Here's the fcollapse() code - notice the main part of it consists of a loop
while it walks all the extents to be moved:

https://evilpiepirate.org/git/linux-bcache.git/tree/drivers/md/bcache/fs-io.c?h=bcache-dev#n1866


It should be a relatively straightforward conversion - essentially, all we'd be
doing is taking that function's various local variables that track where it is
as it's looping over the extents and moving them into its transaction key, so
that they also get persisted whenever it does some work.


There's one annoying issue with this approach - one would expect that in
typical filesystem usage, there would be a small number of outstanding
transactions at any given time - so they'll all fit in the same btree node. But
they'll all be updating that same btree node constantly, every time they do a
bit of work - so we'd be introducing quite a bit of lock contention. Ick.

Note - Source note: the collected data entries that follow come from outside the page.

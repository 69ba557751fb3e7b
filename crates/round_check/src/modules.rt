//! What stands of each module.

ghost use Rattle.std.specs.Prelude.{◌≡◌, IfOk};
ghost use Rattle.round_check.specs.Tables.{absent_modules};

use crate::table::Table;
use std::alloc::{AllocError, Global};

/// Whether a module is loaded, the last round that entered or left it, and the last one that unloaded it.
#[derive(Clone, Copy, Debug, PartialEq, Eq)]
pub struct ModuleState {
    pub loaded: bool,
    pub moved: u32,
    pub unloaded: u32,
}

/// The most sections.
pub(crate) const SECTION_COUNT: usize = 65;

/// The states of all modules, by section.
pub type ModuleTable = Table<ModuleState, SECTION_COUNT>;

/// No module is loaded.
#[tactic(auto, unfolding(crate::specs::Tables::absent_modules))]
pub(crate) fn absent_modules(alloc: Global) -> Result<ModuleTable, AllocError>
    ensures { IfOk result (λ modules. modules ≡ absent_modules 65) }
{
    Table::of(
        alloc,
        ModuleState {
            loaded: false,
            moved: 0,
            unloaded: 0,
        },
    )
}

But the keys are never going to be read at runtime - there wouldn't ever be any
reason to do a lookup on any key in BTREE_ID_TRANSACTIONS at runtime - why have
a btree at all?  Why not _only_ store them in the journal?


That's the approach I'm taking. I'm adding a new btree id, but it's just so
that the journal code and bch_btree_insert_trans() can distinguish them - these
new transaction keys will only be persisted in the journal. You can check out
my (in progress, definitely not working yet) code here:

https://evilpiepirate.org/git/linux-bcache.git/log/?h=bcache-transactions


Also, my main motivation for working on this wasn't fcollapse() - fcollapse is
just a useful test case for the new approach. The immediate motivation is
actually correctly implementing i_generation for nfs export support: nfs
requires inodes have an i_generation field such that (inode nr, i_generation)
uniquely identifies an inode for the life of a filesystem. But doing that
correctly requires saving some additional state somewhere that we update
atomically with creating a new inode (or else saving a placeholder with the
current i_generation when we delete an inode, and reusing deleted inodes - but
that will have major downsides when using snapshots). Snapshots are also going
to require this new transaction machinery, but that's quite a ways off.